Obviously this approach isn't scalable but it serves me well.

RONROC · 4 years ago

The prevailing wisdom throughout the last couple of years was:

“ditch your on-prem infrastructure and migrate to a major cloud provider”

And its starting to seem like it could be something like:

“ditch your on-prem infrastructure and spin up your own managed cloud”

This is probably untenable for larger orgs where convenience gets the blank check treatment, but for smaller operations that can’t realize that value at scale and are spooked by these outages, what are the alternatives?

I don't think it's reasonable to be spooked by these outages, and to think your resolution would be to leave AWS entirely.

A much faster and more effective solution that doesn't have you trading cloud problems with on-prem problems (the power outage still happens, except now it's your team that has to handle it) would be to update your services to run in multiple AZs and multiple regions.

Get out of AWS is you want, but don't get out of AWS because of outages. You should be able to mitigate this relatively easily.

f6v · 4 years ago

Self-managed infrastructure doesn’t fail now?

What an absolutely pointless comment.

Everything fails, we can argue the rate. But I would argue that understanding your constraints is better.

if you know that your secret storage system can't survive if a machine goes away: well, you wire redundant paths to the hardware and do memory mirroring and RAID the hell out of the disks. And if it fails you have a standby in place.

But if you use AWS Cognito.

And it goes down.

You're fucked mate.

iso1631 · 4 years ago

Not at this rate.

I remember we had a power outage in 2006, it actually took one of my services off air.
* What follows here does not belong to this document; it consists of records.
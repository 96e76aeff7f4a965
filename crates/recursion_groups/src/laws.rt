ghost use Rattle.std.specs.Prelude.{◌≡◌, ℕ, List};
ghost use Rattle.flow_graph.specs.FlowGraph.{FlowGraph};
ghost use Rattle.recursion_groups.specs.Grouping.{IsGrouping};

/// A graph has one grouping alone; it does nothing.
pub fn grouping_laws()
    ensures { (g : FlowGraph) → (pss qss : List (List ℕ)) → IsGrouping g pss → IsGrouping g qss → pss ≡ qss }
{}
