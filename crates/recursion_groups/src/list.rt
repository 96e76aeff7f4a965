use flow_graph::Numbers;
use std::marker::Model;

/// The procedures of each call group, ascending, a called group before its caller's.
#[derive(Debug, Drop)]
pub struct Groups {
    pub items: Vec<Numbers>,
}

impl Model for Groups {
    ghost use Rattle.std.specs.Prelude.{List, ℕ};

    ghost Value = { List (List ℕ) };

    ghost view = { λ g. g.items.items };
}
Since then of course that has been rectified, and the loss of a building wouldn't impact on any of the critical, essential or important services I provide.

We’re going to be having this same tired, pedantic, round-about conversation when Tesla’s routinely decide to take out a family of four because it mistook a plastic bag for an off-ramp.

Commenters will show up like clockwork and say shit like:

“What man, it’s not like cars didn’t crash before? Haha”

Don’t be dense dude. And definitely don’t pursue a leadership position anytime in the future.

“Hybrid and multi cloud” is the future. In other words, give us more fucking money.

paulryanrogers · 4 years ago

Spread the risk? Smaller on prem and cloud / rented bare metal?

Spivak · 4 years ago

Nah, it's actually better to concentrate the risk in this case.

If your app depends on a few 3rd party services -- SendGrid, Twilio, Okta and they're all hosted on different infra then congrats! You're gonna have issues when any one of them are down, yayyy.

Also the marketing benefit can't be downplayed. If your postmortem is "AWS was having issues" then your execs and customers just accept that as the cost of doing business because there's a built-in assumption that AWS, Azure, GCP are world class and any in-house team couldn't do it better.

ernsheong · 4 years ago

Google Cloud seems to be doing much better, at least recently. There's also Azure. AWS seems to have placed growth above everything else at customers' expense.

Victerius · 4 years ago

I'm tempted to found a startup to help businesses migrate from cloud providers to on-prem infrastructure.

datavirtue · 4 years ago

Slinging some of that sweet Tanzu or Ranger?